Ould Kaddour martelait à chaque sortie médiatique que ce plan de transformation permettra à Sonatrach d’engranger des revenus de 67 Milliards de dollars d’ici 2030, une projection qui relevait du domaine du coup d’éclat tant les secteurs des hydrocarbures sont tributaires des fluctuations du marché pétrolier et des tensions géo-politiques.
Un projet et des ambiguïtés
Pour lancer le projet, la direction générale a mis en place une direction de transformation (TRF) au 9e étage du siège et à la tête de laquelle a été parachuté Fethi Arabi, un cadre qui était en voie de garage et auquel ont été confiées des missions auparavant sans succès, ont confié au Jeune Indépendant ses collègues.
De son côté, BCG dépêcha une armada de 40 à 50 consultants en majorité des Français et des Belges (en raison des contraintes linguistiques), dirigée par le français Francois-Régis Turc.
Fethi Arabi, directeur de la TRF
La direction décida alors de pourvoir la TRF de 15 de jeunes cadres suite à des entretiens et tests conduits par de jeunes consultants de BCG et pour lesquels se sont présentés des candidats de toutes les unités du groupe disséminées à travers le territoire national.
Suite à cette série d’entretiens et tests, certains ont été retenus pour leur excellent résultat, et d’autres ont été imposés malgré un résultat en dessous de la note requise de 14/20.
Une fois retenus, ces 15 jeunes cadres, parmi les 154 interviewés, ont été affectés à la direction générale à partir d’Avril 2018 pour un détachement de 6 mois au moins. Ce team était présenté comme la locomotive du projet SH 2030 et en tant que futurs leaders du géant pétrolier .

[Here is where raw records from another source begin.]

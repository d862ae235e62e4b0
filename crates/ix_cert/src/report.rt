use ix_bits::{List, Name};
use ix_graph::Mode;
use ix_sheet::{Bound, Problem};

/// What a report says of the behaviours of an extension.
#[derive(Debug, Drop)]
pub struct Report {
    /// 1 or 2. The text of a report of version 1 has no weights, and each weight is 1; that of version 2 has them.
    pub version: u8,
    /// The longest delay within one time, 1 to 1,000,000.
    pub period: u32,
    /// The behaviours, in order.
    pub blocks: List<ReportBlock>,
}

/// What a report says of a behaviour: its problem, and a schedule with a dual flow, or a contradictory cycle.
#[derive(Debug, Drop)]
pub struct ReportBlock {
    pub name: Name,
    /// The mode, or `None` where there is no legal schedule.
    pub mode: Option<Mode>,
    /// The printed kind of each operation.
    pub kinds: List<Name>,
    /// The problem; its period is the report's.
    pub problem: Problem,
    /// The time of each operation; none without a mode.
    pub times: List<u8>,
    /// The cost of the schedule; 0 without a mode.
    pub cost: u64,
    /// Bounds with positive amounts; none without a mode.
    pub flow: List<(Bound, u64)>,
    /// The bounds of the contradictory cycle, in order; none with a mode.
    pub cycle: List<Bound>,
}

/// Why a text is no report, or its certificates show nothing: the first line that fails, numbered from 1.
#[derive(Clone, Copy, Debug, PartialEq, Eq)]
pub enum CertErr {
    /// The line has no form that may stand there, or is missing.
    Line { line: u32 },
    /// An edge that the times break, or a bound that is no edge.
    Dep { line: u32 },
    /// An operation outside its window.
    Window { line: u32 },
    /// An operation at which the delays within one time pass the period, or a bound along no path that does.
    Chain { line: u32 },
    /// An operation at which the flow is not in balance.
    Balance { line: u32 },
    /// A cost that is not the schedule's, or not the flow's value.
    Value { line: u32 },
    /// A cycle whose numbers do not sum to more than 0.
    NotPositive { line: u32 },
    /// A bound of a cycle that does not start where the one before ends.
    NotClosed { line: u32 },
    /// Memory was not found.
    Memory,
}

impl CertErr {
    ghost use Rattle.std.specs.Prelude.{◌≡◌};
    ghost use Rattle.ix_cert.specs.Words.{line_number, kind_word};

    /// The number of the line that fails, from 1; 0 where memory was not found.
    pub fn line(self) -> u32
        ensures { result ≡ line_number self }
    {
        match self {
            CertErr::Line { line }
            | CertErr::Dep { line }
            | CertErr::Window { line }
            | CertErr::Chain { line }
            | CertErr::Balance { line }
            | CertErr::Value { line }
            | CertErr::NotPositive { line }
            | CertErr::NotClosed { line } => line,
            CertErr::Memory => 0,
        }
    }

    /// The word for what fails.
    pub fn kind(self) -> &'static str
        ensures { result.now ≡ kind_word self }
    {
        match self {
            CertErr::Line { .. } => "Line",
            CertErr::Dep { .. } => "Dep",
            CertErr::Window { .. } => "Window",
            CertErr::Chain { .. } => "Chain",
            CertErr::Balance { .. } => "Balance",
            CertErr::Value { .. } => "Value",
            CertErr::NotPositive { .. } => "NotPositive",
            CertErr::NotClosed { .. } => "NotClosed",
            CertErr::Memory => "Memory",
        }
    }
}

impl From<ix_bits::Memory> for CertErr {
    ghost use Rattle.std.specs.Prelude.{◌≡◌};
    ghost use Rattle.ix_cert.specs.declared.report.CertErr.TheVariants.{Memory as memory};

    ghost from_gives = { λ _ e. e ≡ memory };

    fn from(_want: ix_bits::Memory) -> CertErr {
        CertErr::Memory
    }
}
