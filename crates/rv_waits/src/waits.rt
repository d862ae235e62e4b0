ghost use Rattle.std.specs.Prelude.{◌≡◌, ◌<◌, ◌≤◌, [], ◌∷◌, ◌++◌, length, OnOk, OnErr};
ghost use Rattle.rv_waits.specs.Waits.{most_waits, wait_at};

use ix_bits::{List, Memory};
use std::alloc::Global;
use std::marker::Model;

/// For how many rows the memory waits in each access, 0 to 255, by the number of the access from 0: at most 65,536 of them. Accesses
/// past the last one do not wait. Contracts see the list of the numbers.
#[derive(Debug, Drop)]
pub struct Waits {
    list: List<u8>,
}

impl Model for Waits {
    ghost use Rattle.std.specs.Prelude.{List, ℕ, ◌≤◌, length};
    ghost use Rattle.rv_waits.specs.Waits.{most_waits};

    ghost Value = { List ℕ };

    ghost view = { λ waits. waits.list };

    ghost invariant = { λ waits. length waits.list ≤ most_waits };
}

impl Waits {
    /// The greatest count of numbers.
    pub const MOST: usize = 65_536;

    /// A memory that never waits. It takes no memory.
    pub fn new(alloc: Global) -> Waits
        ensures { result ≡ [] }
    {
        Waits {
            list: List::new(alloc),
        }
    }

    /// Puts the wait of one more access behind the last one, where there is room. Without memory the waits stay as they were.
    pub fn push(&mut self, rows: u8) -> Result<(), Memory>
        requires { length self.old < most_waits }
        ensures ok { OnOk result (self.new ≡ self.old ++ rows ∷ []) }
        ensures err { OnErr result (self.new ≡ self.old) }
    {
        self.list.push(rows)
    }

    /// The count of numbers, at most 65,536.
    pub fn len(&self) -> u32
        ensures value { result ≡ length self.now }
        ensures most { result ≤ most_waits }
    {
        self.list.len() as u32
    }

    /// For how many rows the access of this number waits. Takes no memory.
    pub fn wait(&self, access: u32) -> u8
        ensures { result ≡ wait_at self.now access }
    {
        match self.list.as_slice().get(access as usize) {
            Some(rows) => *rows,
            None => 0,
        }
    }
}
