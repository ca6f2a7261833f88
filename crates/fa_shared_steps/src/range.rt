//! The bytes that a request is about.
ghost use Rattle.std.specs.Prelude.{◌≡◌, ◌+◌, ◌*◌, ◌/◌, ◌-◌, ◌^◌, ◌≤◌, min};

/// Bytes of a store, from an offset to before another.
#[derive(Clone, Copy)]
pub struct Range {
    /// How many bytes a page has.
    pub page_bytes: u64,
    /// The offset of the first byte.
    pub from: u64,
    /// The offset behind the last byte.
    pub to: u64,
}

impl Range {
    ghost use Rattle.fa_shared_steps.specs.Ranges.{IsRange, covers as rule_covers, begins_at as rule_begins, bytes_in as rule_in};
    ghost use Rattle.fa_shared_steps.specs.Ranges.{first_page as rule_first, past_page as rule_past};

    /// The first page with a byte of the range. Of no bytes, the page that they would be in.
    pub fn first_page(&self) -> u64
        requires { IsRange self.now }
        ensures { result ≡ rule_first self.now }
    {
        self.from / self.page_bytes
    }

    /// The page behind the last one with a byte of the range. Of no bytes, the first page.
    pub fn past_page(&self) -> u64
        requires { IsRange self.now }
        ensures { result ≡ rule_past self.now }
    {
        if self.from == self.to {
            self.from / self.page_bytes
        } else {
            (self.to - 1) / self.page_bytes + 1
        }
    }

    /// Whether each byte of the page is in the range.
    pub fn covers(&self, page: u64) -> bool
        requires { IsRange self.now }
        ensures { result ≡ rule_covers self.now page }
    {
        let begin = page.saturating_mul(self.page_bytes);
        self.from <= begin && begin < self.to && self.page_bytes <= self.to - begin
    }

    /// Where the range begins in the page.
    pub fn begins_at(&self, page: u64) -> usize
        requires { IsRange self.now }
        ensures { result ≡ rule_begins self.now page }
    {
        let begin = page.saturating_mul(self.page_bytes);
        self.from.saturating_sub(begin) as usize
    }

    /// How many bytes of the page are in the range.
    pub fn bytes_in(&self, page: u64) -> usize
        requires { IsRange self.now }
        ensures { result ≡ rule_in self.now page }
    {
        let begin = page.saturating_mul(self.page_bytes);
        let end = self.page_bytes.min(self.to.saturating_sub(begin));
        end.saturating_sub(self.from.saturating_sub(begin)) as usize
    }

    /// Where the page's bytes begin among the bytes of the range. No offset is told that is above 2^64 - 1.
    pub fn offset_of(&self, page: u64) -> usize
        requires { IsRange self.now }
        ensures { result ≡ min (page * self.now.page_bytes) (2 ^ 64 - 1) - self.now.from }
    {
        let begin = page.saturating_mul(self.page_bytes);
        begin.saturating_sub(self.from) as usize
    }
}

Or, ces cadres ont découvert une toute autre réalité, pleine d’ambiguïté, « Nous sommes restés des semaines à nous poser des questions : pourquoi on nous a ramenés ici ? Qu’est-ce qu’on attend de nous au quotidien ? Quel est le plan de carrière nous concernant ? Lors de l’entretien et lorsque nous avons été retenus on nous a dit que nous sommes les futurs leaders de l’Entreprise, qu’on allait nous former, qu’on allait ensuite nous affecter à des postes clés. Mais une fois sur place, grande a été notre déception. », a affirmé un des membres du team .
Les membres s’étaient retrouvés sans aucune planification, dans une totale improvisation et sans aucun objectif . « Chacun de nous essayait tout de même de faire de son mieux pour s’intégrer et se rendre utile en apportant son aide aux équipes des projets. Quant à BCG, c’était une boîte fermée, les consultants n’étaient pas dans le partage avec nous, nous ne savions pas réellement ce qu’ils faisaient au quotidien ni comment. »
« Arabi était plus préoccupé par la satisfaction des consultants et la présentation du SH2030 durant les sorties du PDG que par les missions pour lesquelles nous avons été détachées », a affirmé avec grande déception un des 15 cadres qui a claqué la porte du projet. « Il nous arrivait de forcer les consultants à partager leur travail avec nous, mais si quelqu’un les contrariait, il se retrouvait sur la liste noire d’Arabi », a ajouté notre interlocuteur, rappelant un incident entre un jeune cadre qui a été éjecté de la TRF parce qu’il a posé une question à une consultante française du nom d’Auriane et à laquelle elle n’a pu fournir de réponse.
« Certains consultants étaient vraiment limités et n’avaient aucune expérience. Quand ils sont incapables de répondre à nos questions sur les initiatives, ils deviennent muets comme des carpes ou restent évasifs ou nous évitent », a révélé une des participantes au projet.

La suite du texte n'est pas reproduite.